Register before May 24 2021 through the link in the PDF document of the seminar
- Date
- Thursday 27 May 2021, 13:00 - 17:00
- Type
- Symposium
- Ticket information
Register through the link in the PDF document of the seminar
This is a free event
About the symposium
The notion of resilience, originally a descriptive concept in the study of ecosystems, has proven to be a particularly mobile concept. Taken up in fields and practices as diverse as public administration, social work and urban policy, environmental policy and practice, and health care, it has a storied social life, with professionals, practitioners, and policy-makers mobilizing it in institutional as well as broader political agendas.

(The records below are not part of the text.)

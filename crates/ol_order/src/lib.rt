// The order of a node's equations: document 01, "The order".
#![tactic(auto)]

mod names; // names.rt: an equation's names
mod equations; // equations.rt: equations by their places
mod lookup; // lookup.rt: the equation that defines a name
pub mod table; // table.rt: the orders of all nodes of a file
pub mod counts; // counts.rt: how many equations a node has

ghost use Rattle.std.specs.Prelude.{List, [], map, ◌≡◌, ◌↔◌, ℕ, ◌*◌, ◌≤◌, ◌<◌, length, get_or, take, drop, All, IsTrue, false, not, position, None};
ghost use Rattle.std.proofs.Math.Option.{some};
ghost use Rattle.std.proofs.lemmas.List.Edits.{sets};
ghost use Rattle.ol_spec.specs.Syntax.{Equation};
ghost use Rattle.ol_spec.specs.Limits.{relay_loader};
ghost use Rattle.ol_spec.specs.Order.{pass, order as in_order};
ghost use Rattle.ol_spec.specs.Answers.{sorted_fault};
ghost use Rattle.ol_spec.specs.Cycle.{order_node, ordering};
ghost use Rattle.ol_order.specs.Tables.{node_at, key_of, keyed, put, put_all, put_starts, order_of};
ghost use Rattle.ol_order.specs.Names.{names_of};
ghost use Rattle.ol_order.specs.Post.{NodeReads, Blank, Waits, Listed, Waiting, State, Sorts};
ghost use Rattle.ol_order.specs.Equations.{those, all_waited};

use crate::equations::Equations;
use crate::lookup::Lookup;
use crate::names::Names;
use ol_ir::node::equation_starts;
use ol_ir::project::{base, load_file};
use ol_ir::read::count;
use ol_spec::{Fault, Limits};
use ol_tables::bytes::put;

// No name has a definer.
pub(crate) fn no_definers<const N: usize>() -> [Option<u8>; N]
    requires { N ≤ 1024 }
    ensures long { N ≡ length result }
    ensures none { (x : ℕ) → get_or result x None ≡ None }
{
    [None; N]
}

// Each of these names gets the equation's index, at its remainder by N.
fn define<const N: usize>(names: Names, index: u8, definers: &mut [Option<u8>])
    requires { 0 < N }
    ensures { definers.new ≡ put (map (key_of N) (names_of names.entry)) index definers.old }
{
    for x in names {
        put(definers, x % N, Some(index));
    }
}

// Which equation is the last that defines a name of each remainder by N. Ends where no count of
// names stands.
fn define_all<const N: usize>(
    file: &[u8],
    most: usize,
    starts: &[usize],
    definers: &mut [Option<u8>],
)
    requires entries { 0 < N }
    requires few { length starts.now < 255 }
    ensures { definers.new ≡ put_starts N file.now most 0 starts.now definers.old }
{
    for (i, at) in starts.iter().enumerate() {
        match count(file, 1, most, *at) {
            Ok(left) => define::<N>(Names { file, left }, i as u8, definers),
            Err(_) => return,
        }
    }
}

// Whether all these are placed.
fn all_placed(waits: &[u8], placed: &[bool]) -> bool
    requires { All (λ d. d < length placed.now) waits.now }
    ensures { IsTrue result ↔ All (λ d. IsTrue (get_or placed.now d false)) waits.now }
{
    waits.iter().all(|d| placed[usize::from(*d)])
}

// One pass over the equations in file order: each that waits for none is placed. Behind those placed,
// the entries of `order` stay.
fn pass(lists: &[u8], begins: &[usize], placed: &mut [bool], order: &mut [u8], done: usize) -> usize
    requires { Waiting lists.now begins.now placed.old order.old done }
    ensures placed { (qs : List Equation) → Waits qs lists.now begins.now → State qs (take done order.old) placed.old order.old done → State qs (pass qs 0 qs (take done order.old)) placed.new order.new result }
    ensures behind { drop result order.new ≡ drop result order.old }
{
    // Where the next is written: an equation that still waits writes none.
    let mut n = done;
    for k in 0..placed.len() {
        if !placed[k] && all_placed(&lists[begins[k]..begins[k + 1]], placed) {
            placed[k] = true;
            order[n] = k as u8;
            n += 1;
        }
    }
    n
}

// Passes until all are placed or one places none. Behind those placed, the entries of `order` stay.
fn passes(lists: &[u8], begins: &[usize], placed: &mut [bool], order: &mut [u8])
    requires { Waiting lists.now begins.now placed.old order.old 0 }
    ensures placed { (qs : List Equation) → Waits qs lists.now begins.now → State qs [] placed.old order.old 0 → State qs (in_order qs) placed.new order.new (length (in_order qs)) }
    ensures behind { (qs : List Equation) → Waits qs lists.now begins.now → State qs [] placed.old order.old 0 → drop (length (in_order qs)) order.new ≡ drop (length (in_order qs)) order.old }
{
    let mut done = 0;
    while done < placed.len() {
        let n = pass(lists, begins, placed, order, done);
        if n == done {
            return;
        }
        done = n;
    }
}

// The first that is not placed.
fn first_unplaced(placed: &[bool]) -> Option<usize>
    ensures { result ≡ position not placed.now }
{
    placed.iter().position(|p| !*p)
}

// Places the equations whose lists these are; an error is the first that is never placed. The buffer gets
// the order of those placed. How many there are is known at the run only, and there is no heap: this
// file's buffers have the most, and a part of each is lent.
fn place(lists: &[u8], begins: &[usize], order: &mut [u8]) -> Result<(), usize>
    requires { Listed lists.now begins.now order.old }
    ensures { (qs : List Equation) → Waits qs lists.now begins.now → Sorts qs order.old order.new result }
{
    let mut flags = [false; 80];
    let placed = &mut flags[..order.len()];
    passes(lists, begins, placed, order);
    match first_unplaced(placed) {
        Some(first) => Err(first),
        None => Ok(()),
    }
}

// Places the equations, with a table of N entries in which no name has a definer yet, and room for all
// definers that they wait for; an error is the first that is never placed. The buffer gets the order of
// those placed, the table and the lists the definers.
pub(crate) fn sort<const N: usize>(
    equations: Equations,
    low: bool,
    definers: &mut [Option<u8>],
    lists: &mut [u8],
    order: &mut [u8],
) -> Result<(), usize>
    requires entries { 0 < N }
    requires blank { Blank N (those equations) low definers.old }
    requires room { length (all_waited equations) ≤ length lists.old }
    requires order_len { length order.old ≡ length equations.starts.now }
    ensures order { Sorts (those equations.entry) order.old order.new result }
    ensures table { definers.new ≡ put_all 0 (map (keyed N) (those equations.entry)) definers.old }
    ensures lists { lists.new ≡ sets lists.old 0 (all_waited equations.entry) }
{
    define_all::<N>(
        equations.file,
        equations.limits.names,
        equations.starts,
        definers,
    );
    let lookup = Lookup::<N> {
        equations,
        low,
        definers,
    };
    let mut spans = [0usize; 81];
    let begins = &mut spans[..equations.starts.len() + 1];
    lookup.record_all(lists, begins);
    place(lists, begins, order)
}

// Copies an order, whose entries are bytes in the ordering's own work, to its caller's buffer.
fn copy(order: &[u8], buffer: &mut [usize])
    requires { length buffer.old ≡ length order.now }
    ensures { buffer.new ≡ order.now }
{
    for (i, k) in order.iter().enumerate() {
        buffer[i] = usize::from(*k);
    }
}

// The order of the equations, with lists of L entries. It is made in bytes of its own and copied at the
// end: at 11 and at 17 the buffer stays. It stays out of its caller: a short file does not touch the long
// lists' stack.
#[inline(never)]
fn order_equations<const L: usize>(equations: Equations, buffer: &mut [usize]) -> Result<(), Fault>
    requires room { length (all_waited equations) ≤ L }
    requires size { L < 65536 }
    ensures answer { result ≡ (order_of (those equations.entry) equations.entry.starts.now buffer.old).answer }
    ensures written { buffer.new ≡ (order_of (those equations.entry) equations.entry.starts.now buffer.old).buffer }
{
    let mut definers = no_definers::<1024>();
    let mut lists = [0u8; L];
    let mut space = [0u8; 80];
    let order = &mut space[..equations.starts.len()];
    sort::<1024>(equations, false, &mut definers, &mut lists, order).map_err(|first| Fault {
        number: 11,
        place: equations.starts[first],
    })?;
    if buffer.len() != order.len() {
        return Err(Fault {
            number: 17,
            place: 0,
        });
    }
    copy(order, buffer);
    Ok(())
}

// The order of the equations, with lists by the file's length.
fn order_by_length(equations: Equations, buffer: &mut [usize]) -> Result<(), Fault>
    requires room { 3 * length (all_waited equations) ≤ length equations.file.now }
    requires file_len_bound { length equations.file.now ≤ 32768 }
    ensures answer { result ≡ (order_of (those equations.entry) equations.entry.starts.now buffer.old).answer }
    ensures written { buffer.new ≡ (order_of (those equations.entry) equations.entry.starts.now buffer.old).buffer }
{
    let len = equations.file.len();
    if len <= 256 {
        order_equations::<86>(equations, buffer)
    } else if len <= 1536 {
        order_equations::<512>(equations, buffer)
    } else {
        order_equations::<10923>(equations, buffer)
    }
}

// The order of the equations of the node that starts at `at`.
fn order_node(
    file: &[u8],
    limits: Limits,
    enums: usize,
    at: usize,
    buffer: &mut [usize],
) -> Result<(), Fault>
    requires node_reads { NodeReads file.now limits enums at }
    requires file_len_bound { length file.now ≤ 32768 }
    ensures answer { result ≡ (order_node (some (at, node_at file.now limits enums at)) buffer.old).answer }
    ensures written { buffer.new ≡ (order_node (some (at, node_at file.now limits enums at)) buffer.old).buffer }
{
    let mut space = [0usize; 80];
    let counted = equation_starts(file, limits, enums, at, &mut space)?;
    let starts = &space[..counted.count];
    let equations = Equations {
        file,
        limits,
        enums,
        starts,
    };
    order_by_length(equations, buffer)
}

// The order in which a node's equations run: entry k of the buffer gets the file index of the
// equation that runs k-th, both from 0.
pub fn evaluation_order(file: &[u8], node: usize, buffer: &mut [usize]) -> Result<(), Fault>
    ensures answer { result ≡ (ordering relay_loader file.now node buffer.old).answer }
    ensures written { buffer.new ≡ (ordering relay_loader file.now node buffer.old).buffer }
    ensures told { sorted_fault result ≡ sorted_fault (ordering relay_loader file.now node buffer.old).answer }
{
    let mut nodes = [0usize; 32];
    let loaded = load_file(file, &mut nodes)?;
    if node < loaded.nodes {
        order_node(file, base(), loaded.enums, nodes[node], buffer)
    } else {
        Err(Fault {
            number: 3,
            place: 0,
        })
    }
}
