// The equation that defines a name, and the lists of those that equations wait for.
ghost use Rattle.std.specs.Prelude.{◌≡◌, suc, ◌+◌, ◌≤◌, ◌<◌, length, get_or, None};
ghost use Rattle.std.proofs.lemmas.List.Edits.{sets};
ghost use Rattle.ol_spec.specs.Order.{definer as last_definer};
ghost use Rattle.ol_order.specs.Tables.{as_option, bounds};
ghost use Rattle.ol_order.specs.Post.{Definers};
ghost use Rattle.ol_order.specs.Equations.{those, waited_by, all_waited};

use crate::equations::Equations;
use ol_ir::Scan;
use ol_ir::expr::scan;
use ol_tables::bytes::byte;

// Equations with the table of their definers: for each remainder by N the last equation that
// defines a name of it. With `low` each name's own entry has its definer. It is a fact of the names:
// no field waits for it, and two variants would have the same fields.
#[derive(Clone, Copy)]
pub(crate) struct Lookup<'f, 's, 't, const N: usize> {
    pub(crate) equations: Equations<'f, 's>,
    pub(crate) low: bool,
    pub(crate) definers: &'t [Option<u8>],
    ghost entries: { 0 < N },
    ghost told: { Definers N (those equations) low definers.now },
}

// An entry of the table; past its end it is none.
fn definer(definers: &[Option<u8>], x: usize) -> Option<usize>
    ensures { result ≡ get_or definers.now x None }
{
    definers.get(x).copied().flatten().map(usize::from)
}

impl<'f, 's, 't, const N: usize> Lookup<'f, 's, 't, N> {
    // A name's definer. With `low` the table has it. Else no equation behind the one that the table has
    // for the name's remainder defines the name.
    fn find(self, x: usize) -> Option<usize>
        ensures { result ≡ as_option (last_definer (those self.entry.equations) x) }
    {
        if self.low {
            return definer(self.definers, x);
        }
        let d = definer(self.definers, x % N)?;
        self.equations.search(d + 1, x)
    }

    // Writes the definers that equation k waits for into the lists, from n on: where they end. `left` is no count of an index: each head adds its
    // parts to it. `end` is where the next is written: a name without a definer writes none.
    fn record_one(self, k: usize, lists: &mut [u8], n: usize) -> usize
        requires k_in_bounds { k < length self.equations.starts.now }
        requires room { n + length (waited_by self.equations k) ≤ length lists.old }
        ensures end { result ≡ n + length (waited_by self.entry.equations k) }
        ensures written { lists.new ≡ sets lists.old n (waited_by self.entry.equations k) }
    {
        let file = self.equations.file;
        let start = self.equations.starts[k];
        let mut at = start + 1 + 2 * byte(file, start);
        let mut left: usize = 1;
        let mut end = n;
        while 0 < left {
            left -= 1;
            match scan(file, at) {
                Scan::Name(x, q) => {
                    if let Some(d) = self.find(x) {
                        lists[end] = d as u8;
                        end += 1;
                    }
                    at = q;
                }
                Scan::Parts(m, q) => {
                    left += m;
                    at = q;
                }
            }
        }
        end
    }

    // Records for each equation the definers that it waits for: those of equation k stand in the lists
    // from begins[k] up to begins[k + 1].
    pub(crate) fn record_all(self, lists: &mut [u8], begins: &mut [usize])
        requires room { length (all_waited self.equations) ≤ length lists.old }
        requires begins_len { length begins.old ≡ suc (length self.equations.starts.now) }
        ensures lists { lists.new ≡ sets lists.old 0 (all_waited self.entry.equations) }
        ensures begins { begins.new ≡ sets begins.old 0 (bounds (those self.entry.equations) 0 (those self.entry.equations)) }
    {
        let count = self.equations.starts.len();
        let mut n: usize = 0;
        for k in 0..count {
            begins[k] = n;
            n = self.record_one(k, lists, n);
        }
        begins[count] = n;
    }
}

This has also made resilience a highly contested notion. Some commentators are critical of the concept, suggesting that it represents an intensification of existing neoliberal subjectifications and arrangements, responsibilizing individuals or communities to ‘bounce back’ from preventable social stressors such as unemployment or marginalization. Others however, while recognizing this critique, have sought to tease out possibilities for resistance and agency in the notion of resilience, emphasizing the politically affirmative potential of the metaphor.
However, while such approaches to resilience have helpfully drawn out its political uses (and misuses), in this symposium, we seek to move beyond either celebration or dismissal by examining its operation in practices. Emphasizing the way resilience is imagined, enacted, and relationally constituted in a highly diverse set of practices and fields, this symposium aims to examine empirically how resilience is taken up. What does resilience do, and how? And what is made of resilience in turn? In so doing, this symposium conceptualizes the multiple character of resilience, situates different articulations of resilience in specific practices, and highlights the notion’s social life in empirical detail.
For whom
Relational Resiliencies is an interdisciplinary exploration of the way the notion of resilience is currently reshaping institutional, governmental, environmental, as well as professional practices. Bringing together insights from a diversity of fields, including ecology, social work, radicalization studies, environmental humanities, science and technology studies and urban studies, this symposium will be of interest to an interdisciplinary audience of students and academics, as well as professionals working within these sites.
Symposium program
13:00 | Welcome |
13:15 | Session 1 |
Critical Transitions and Resilience in Nature: Recovering from Forest Wildfires in the Mediterranean - Ana Vasques | |
Arranging for Resilience: Relationships for Preventing Violent Extremism - William Stephens | |
From Subjects to Practices of Resilience: The Politics of Everydayness in Youth Work Sites during Corona Measures - Lieke Wissink | |
14:45 | Break |
15:00 | Session 2 |
From Resilience to Resourcefulness? Limitations and Possibilities of both Concepts in Socio-Spatial Studies - Ympkje Albeda & Elise Schillebeeckx | |
Governing the Resilient City: Between a Hopeful Progressive Politics and Cruel Optimism - Sabrina Rahmawan-Huizenga | |
Thinking-with and Dissenting-Within Environmental Resilience: A Research Proposal - Irene van Oorschot | |
16:30 | Collective reflection |
Moderated by Femke Kaulingfreks, lector Jeugd en Samenleving Inholland |
About the organizers
Irene van Oorschot is a senior lecturer at Erasmus University College and a fellow at the Erasmus Center for Liberal Arts and Sciences ECLAS. She recently published The Law Multiple: Judgment and Knowledge in Practice (Cambridge University Press). As a Marie Curie Skłodowska Fellow she is soon to commence the three-year research project FosResil, during which she will ethnographically examine how environmental management professionals foster environmental resilience in practice at the Life Science and Society Lab at the KU Leuven.
Lieke Wissink is a postdoctoral researcher at the University of Applied Sciences, Inholland, at the lectorate Youth and Society. Her current project, Relations of resilience in times of crisis among marginalized youth, is funded by NWO as part of the NWA-route Towards Resilient Societies. She also currently teaches at the Amsterdam Institute of Social Sciences, University of Amsterdam.